- _WHAT YOU HAVE TO DO_: What number of lines in the entries below include the string "Option"? Respond with that number alone.

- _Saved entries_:
★ ★ ★ ★
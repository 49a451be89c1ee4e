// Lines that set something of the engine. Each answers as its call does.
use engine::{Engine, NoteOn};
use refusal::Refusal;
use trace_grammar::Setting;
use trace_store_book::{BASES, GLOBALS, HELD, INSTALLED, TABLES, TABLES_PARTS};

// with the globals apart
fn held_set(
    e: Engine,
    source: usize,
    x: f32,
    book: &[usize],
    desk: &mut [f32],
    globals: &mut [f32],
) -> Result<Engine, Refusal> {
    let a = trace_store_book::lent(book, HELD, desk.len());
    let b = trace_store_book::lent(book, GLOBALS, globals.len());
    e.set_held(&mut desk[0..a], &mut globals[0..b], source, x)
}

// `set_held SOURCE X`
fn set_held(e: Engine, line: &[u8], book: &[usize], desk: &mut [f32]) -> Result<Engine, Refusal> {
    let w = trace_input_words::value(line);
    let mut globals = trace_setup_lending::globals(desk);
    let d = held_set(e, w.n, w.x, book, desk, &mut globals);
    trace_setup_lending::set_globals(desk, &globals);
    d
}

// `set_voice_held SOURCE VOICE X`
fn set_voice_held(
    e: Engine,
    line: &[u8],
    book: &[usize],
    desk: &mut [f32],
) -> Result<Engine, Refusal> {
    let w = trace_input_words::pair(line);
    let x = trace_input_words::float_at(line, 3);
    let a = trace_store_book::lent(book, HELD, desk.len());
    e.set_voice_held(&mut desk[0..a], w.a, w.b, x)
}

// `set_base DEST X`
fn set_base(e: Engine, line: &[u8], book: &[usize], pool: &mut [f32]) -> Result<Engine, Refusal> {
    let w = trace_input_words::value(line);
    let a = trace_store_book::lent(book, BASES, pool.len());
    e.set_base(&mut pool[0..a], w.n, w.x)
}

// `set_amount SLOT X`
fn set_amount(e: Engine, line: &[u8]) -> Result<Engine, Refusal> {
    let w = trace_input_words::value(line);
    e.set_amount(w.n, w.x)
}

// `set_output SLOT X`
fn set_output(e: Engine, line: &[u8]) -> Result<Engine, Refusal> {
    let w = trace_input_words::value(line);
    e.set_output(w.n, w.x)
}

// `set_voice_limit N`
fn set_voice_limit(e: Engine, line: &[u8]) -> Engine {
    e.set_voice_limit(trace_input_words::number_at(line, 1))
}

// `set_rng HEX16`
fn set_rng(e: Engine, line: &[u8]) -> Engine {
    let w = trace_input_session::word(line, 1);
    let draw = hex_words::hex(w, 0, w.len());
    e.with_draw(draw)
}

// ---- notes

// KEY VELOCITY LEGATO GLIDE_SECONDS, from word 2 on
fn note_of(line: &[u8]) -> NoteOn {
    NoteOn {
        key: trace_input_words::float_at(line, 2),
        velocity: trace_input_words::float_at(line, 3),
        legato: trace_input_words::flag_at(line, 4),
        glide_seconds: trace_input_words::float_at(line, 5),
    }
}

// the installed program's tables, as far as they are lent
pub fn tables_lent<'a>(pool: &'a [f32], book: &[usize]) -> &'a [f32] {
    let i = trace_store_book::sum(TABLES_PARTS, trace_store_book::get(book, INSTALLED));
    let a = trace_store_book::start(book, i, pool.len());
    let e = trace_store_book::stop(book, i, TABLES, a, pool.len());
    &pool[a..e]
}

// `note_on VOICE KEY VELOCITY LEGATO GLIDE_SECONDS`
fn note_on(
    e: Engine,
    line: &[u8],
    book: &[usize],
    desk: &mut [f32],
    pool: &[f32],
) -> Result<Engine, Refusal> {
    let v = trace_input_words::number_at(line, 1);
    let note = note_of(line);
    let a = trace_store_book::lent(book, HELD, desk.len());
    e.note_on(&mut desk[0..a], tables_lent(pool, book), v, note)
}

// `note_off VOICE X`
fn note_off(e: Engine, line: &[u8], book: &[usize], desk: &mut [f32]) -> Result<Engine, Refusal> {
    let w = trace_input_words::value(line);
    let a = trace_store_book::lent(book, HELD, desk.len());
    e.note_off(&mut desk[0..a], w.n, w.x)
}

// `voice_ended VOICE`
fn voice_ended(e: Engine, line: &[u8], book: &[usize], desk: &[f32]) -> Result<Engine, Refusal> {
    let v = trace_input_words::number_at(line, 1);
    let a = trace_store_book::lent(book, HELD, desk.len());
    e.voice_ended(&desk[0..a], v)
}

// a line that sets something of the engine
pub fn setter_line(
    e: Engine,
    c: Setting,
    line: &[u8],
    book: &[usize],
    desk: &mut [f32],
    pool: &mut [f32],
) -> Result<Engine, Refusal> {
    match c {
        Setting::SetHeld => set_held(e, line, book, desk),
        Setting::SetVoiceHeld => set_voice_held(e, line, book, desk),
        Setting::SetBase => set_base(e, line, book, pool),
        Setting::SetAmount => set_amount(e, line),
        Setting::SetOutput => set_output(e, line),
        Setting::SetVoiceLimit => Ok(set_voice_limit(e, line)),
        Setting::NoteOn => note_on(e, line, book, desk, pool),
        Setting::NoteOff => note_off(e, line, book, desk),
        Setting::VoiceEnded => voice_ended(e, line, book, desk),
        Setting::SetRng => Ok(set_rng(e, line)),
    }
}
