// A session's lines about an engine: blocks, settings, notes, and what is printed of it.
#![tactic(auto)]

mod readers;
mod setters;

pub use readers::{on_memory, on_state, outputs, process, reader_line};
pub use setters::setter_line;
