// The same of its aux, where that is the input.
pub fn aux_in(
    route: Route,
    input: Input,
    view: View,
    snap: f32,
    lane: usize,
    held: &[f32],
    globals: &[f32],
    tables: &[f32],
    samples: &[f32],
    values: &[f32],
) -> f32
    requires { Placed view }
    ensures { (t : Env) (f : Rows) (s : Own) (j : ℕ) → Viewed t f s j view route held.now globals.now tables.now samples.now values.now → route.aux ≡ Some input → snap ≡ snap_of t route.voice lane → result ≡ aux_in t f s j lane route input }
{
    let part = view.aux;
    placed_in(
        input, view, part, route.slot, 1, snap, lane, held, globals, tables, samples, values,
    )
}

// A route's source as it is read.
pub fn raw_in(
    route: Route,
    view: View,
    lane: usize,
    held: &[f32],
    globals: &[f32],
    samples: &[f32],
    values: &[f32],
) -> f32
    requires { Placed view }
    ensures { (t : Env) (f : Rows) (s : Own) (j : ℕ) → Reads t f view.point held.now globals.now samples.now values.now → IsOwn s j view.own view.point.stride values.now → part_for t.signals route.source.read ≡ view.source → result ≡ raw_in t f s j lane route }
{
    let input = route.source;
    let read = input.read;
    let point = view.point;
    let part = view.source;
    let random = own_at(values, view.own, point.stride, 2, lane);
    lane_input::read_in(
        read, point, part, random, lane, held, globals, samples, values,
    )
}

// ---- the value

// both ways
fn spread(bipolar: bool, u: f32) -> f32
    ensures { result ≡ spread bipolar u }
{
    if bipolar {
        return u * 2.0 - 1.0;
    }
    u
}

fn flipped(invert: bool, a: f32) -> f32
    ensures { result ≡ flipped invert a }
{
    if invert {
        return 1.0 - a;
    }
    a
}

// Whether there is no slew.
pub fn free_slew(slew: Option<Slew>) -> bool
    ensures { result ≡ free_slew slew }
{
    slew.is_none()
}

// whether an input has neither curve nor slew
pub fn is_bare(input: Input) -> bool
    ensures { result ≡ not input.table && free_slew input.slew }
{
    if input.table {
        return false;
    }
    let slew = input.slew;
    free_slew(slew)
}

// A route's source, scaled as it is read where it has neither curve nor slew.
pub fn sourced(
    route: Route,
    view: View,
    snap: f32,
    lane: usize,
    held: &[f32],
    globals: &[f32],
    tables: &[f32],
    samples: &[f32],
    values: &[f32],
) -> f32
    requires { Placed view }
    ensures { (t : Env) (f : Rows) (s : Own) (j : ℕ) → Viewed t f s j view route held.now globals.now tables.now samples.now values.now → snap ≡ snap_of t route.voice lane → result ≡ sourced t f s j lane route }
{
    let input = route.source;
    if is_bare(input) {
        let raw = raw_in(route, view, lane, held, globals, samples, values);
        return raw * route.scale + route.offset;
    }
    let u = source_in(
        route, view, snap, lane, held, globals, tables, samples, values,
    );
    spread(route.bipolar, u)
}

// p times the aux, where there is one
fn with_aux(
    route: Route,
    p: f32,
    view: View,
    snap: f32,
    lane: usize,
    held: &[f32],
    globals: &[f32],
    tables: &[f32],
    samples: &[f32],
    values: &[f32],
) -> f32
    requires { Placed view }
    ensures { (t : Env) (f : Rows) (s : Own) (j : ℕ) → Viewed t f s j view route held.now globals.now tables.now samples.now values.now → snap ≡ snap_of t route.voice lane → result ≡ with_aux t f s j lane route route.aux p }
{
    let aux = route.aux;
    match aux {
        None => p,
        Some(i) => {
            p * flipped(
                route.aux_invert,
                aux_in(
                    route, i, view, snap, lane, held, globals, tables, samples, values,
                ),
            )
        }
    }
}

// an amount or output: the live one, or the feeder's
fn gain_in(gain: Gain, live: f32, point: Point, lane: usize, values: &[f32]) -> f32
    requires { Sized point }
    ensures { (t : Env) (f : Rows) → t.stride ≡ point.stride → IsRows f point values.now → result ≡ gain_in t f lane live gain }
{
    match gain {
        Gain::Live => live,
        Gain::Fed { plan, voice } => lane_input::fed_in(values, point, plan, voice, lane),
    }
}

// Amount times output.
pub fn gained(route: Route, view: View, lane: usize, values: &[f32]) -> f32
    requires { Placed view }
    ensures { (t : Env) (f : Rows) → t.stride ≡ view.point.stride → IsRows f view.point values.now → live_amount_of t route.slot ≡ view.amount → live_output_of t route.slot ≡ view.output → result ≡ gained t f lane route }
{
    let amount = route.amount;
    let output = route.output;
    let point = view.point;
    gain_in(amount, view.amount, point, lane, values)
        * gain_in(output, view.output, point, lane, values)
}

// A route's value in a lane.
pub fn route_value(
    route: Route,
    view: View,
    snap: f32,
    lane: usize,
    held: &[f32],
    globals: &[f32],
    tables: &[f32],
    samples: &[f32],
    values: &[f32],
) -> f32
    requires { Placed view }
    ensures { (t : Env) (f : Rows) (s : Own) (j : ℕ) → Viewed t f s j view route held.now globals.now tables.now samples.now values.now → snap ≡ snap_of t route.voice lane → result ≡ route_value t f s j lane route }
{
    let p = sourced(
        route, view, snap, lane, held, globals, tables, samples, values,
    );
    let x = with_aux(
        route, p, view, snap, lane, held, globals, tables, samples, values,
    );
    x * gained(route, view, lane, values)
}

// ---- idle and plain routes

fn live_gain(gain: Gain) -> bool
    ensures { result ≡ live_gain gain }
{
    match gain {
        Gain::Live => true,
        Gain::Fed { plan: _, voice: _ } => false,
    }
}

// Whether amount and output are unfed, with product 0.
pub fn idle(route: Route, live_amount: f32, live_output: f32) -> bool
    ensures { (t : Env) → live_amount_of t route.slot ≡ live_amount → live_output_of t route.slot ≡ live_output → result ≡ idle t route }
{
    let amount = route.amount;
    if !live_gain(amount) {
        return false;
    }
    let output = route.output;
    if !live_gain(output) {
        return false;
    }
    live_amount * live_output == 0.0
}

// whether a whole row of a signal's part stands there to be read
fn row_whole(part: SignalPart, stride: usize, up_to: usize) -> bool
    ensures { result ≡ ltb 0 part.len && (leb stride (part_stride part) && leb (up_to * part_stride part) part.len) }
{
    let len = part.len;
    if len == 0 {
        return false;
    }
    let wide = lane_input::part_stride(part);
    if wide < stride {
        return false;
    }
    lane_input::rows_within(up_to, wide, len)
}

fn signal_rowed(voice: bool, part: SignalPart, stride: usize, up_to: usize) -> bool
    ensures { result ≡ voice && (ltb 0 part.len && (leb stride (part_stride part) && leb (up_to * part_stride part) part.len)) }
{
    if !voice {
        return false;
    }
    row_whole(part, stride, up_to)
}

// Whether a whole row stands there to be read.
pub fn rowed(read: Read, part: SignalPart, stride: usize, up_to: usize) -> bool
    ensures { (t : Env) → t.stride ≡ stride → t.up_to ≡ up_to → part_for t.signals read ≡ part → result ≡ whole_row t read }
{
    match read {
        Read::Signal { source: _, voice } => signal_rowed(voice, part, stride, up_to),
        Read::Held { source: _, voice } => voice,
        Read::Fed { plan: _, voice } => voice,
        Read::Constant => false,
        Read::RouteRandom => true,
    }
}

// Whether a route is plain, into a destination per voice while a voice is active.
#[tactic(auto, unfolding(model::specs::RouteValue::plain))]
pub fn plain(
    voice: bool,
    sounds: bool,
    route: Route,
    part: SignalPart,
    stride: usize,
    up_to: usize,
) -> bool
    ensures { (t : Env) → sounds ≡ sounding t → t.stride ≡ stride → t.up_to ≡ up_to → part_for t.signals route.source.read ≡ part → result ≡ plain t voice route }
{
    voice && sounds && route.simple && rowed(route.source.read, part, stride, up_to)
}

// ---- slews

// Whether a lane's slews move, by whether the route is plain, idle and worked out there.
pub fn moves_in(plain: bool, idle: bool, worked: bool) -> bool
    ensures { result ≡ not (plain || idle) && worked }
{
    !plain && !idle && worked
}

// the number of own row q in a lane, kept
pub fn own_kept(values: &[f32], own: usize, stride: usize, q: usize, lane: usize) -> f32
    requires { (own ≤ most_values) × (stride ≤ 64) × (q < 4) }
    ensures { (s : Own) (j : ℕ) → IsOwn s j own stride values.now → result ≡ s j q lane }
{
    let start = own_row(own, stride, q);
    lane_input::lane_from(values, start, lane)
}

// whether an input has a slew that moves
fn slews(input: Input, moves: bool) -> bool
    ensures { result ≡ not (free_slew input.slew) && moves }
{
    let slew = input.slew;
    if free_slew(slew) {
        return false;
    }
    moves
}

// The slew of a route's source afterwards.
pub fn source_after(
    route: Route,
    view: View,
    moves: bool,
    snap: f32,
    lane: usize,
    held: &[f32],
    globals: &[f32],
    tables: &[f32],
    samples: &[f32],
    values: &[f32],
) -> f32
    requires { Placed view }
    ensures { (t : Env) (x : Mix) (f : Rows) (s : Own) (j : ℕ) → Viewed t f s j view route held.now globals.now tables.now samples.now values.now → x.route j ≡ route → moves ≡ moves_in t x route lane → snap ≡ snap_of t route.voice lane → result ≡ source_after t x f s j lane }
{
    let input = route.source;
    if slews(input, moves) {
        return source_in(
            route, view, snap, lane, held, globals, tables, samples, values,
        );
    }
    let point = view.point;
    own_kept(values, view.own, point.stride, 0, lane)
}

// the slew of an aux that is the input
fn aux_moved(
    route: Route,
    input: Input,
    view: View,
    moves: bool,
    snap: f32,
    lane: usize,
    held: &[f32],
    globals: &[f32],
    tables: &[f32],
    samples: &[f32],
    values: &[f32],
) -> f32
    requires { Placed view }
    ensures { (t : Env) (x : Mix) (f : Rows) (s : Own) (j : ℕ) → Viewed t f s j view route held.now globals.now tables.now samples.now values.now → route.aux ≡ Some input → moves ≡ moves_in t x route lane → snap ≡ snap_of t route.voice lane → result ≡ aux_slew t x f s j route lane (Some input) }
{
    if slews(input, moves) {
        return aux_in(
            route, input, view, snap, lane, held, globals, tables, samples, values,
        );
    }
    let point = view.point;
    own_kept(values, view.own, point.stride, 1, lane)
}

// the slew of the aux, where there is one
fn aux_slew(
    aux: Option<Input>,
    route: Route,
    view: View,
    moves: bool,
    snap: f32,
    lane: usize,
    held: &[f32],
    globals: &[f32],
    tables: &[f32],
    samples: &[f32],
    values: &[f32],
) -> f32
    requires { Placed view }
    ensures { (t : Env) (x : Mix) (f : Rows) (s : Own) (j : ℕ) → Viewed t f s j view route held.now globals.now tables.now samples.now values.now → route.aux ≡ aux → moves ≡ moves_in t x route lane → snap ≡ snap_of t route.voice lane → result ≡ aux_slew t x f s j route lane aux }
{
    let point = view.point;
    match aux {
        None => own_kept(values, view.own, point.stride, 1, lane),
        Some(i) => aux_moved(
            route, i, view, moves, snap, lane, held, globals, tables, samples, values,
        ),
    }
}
★ ★ ★ ★
- _WRITTEN SOLUTION_: 2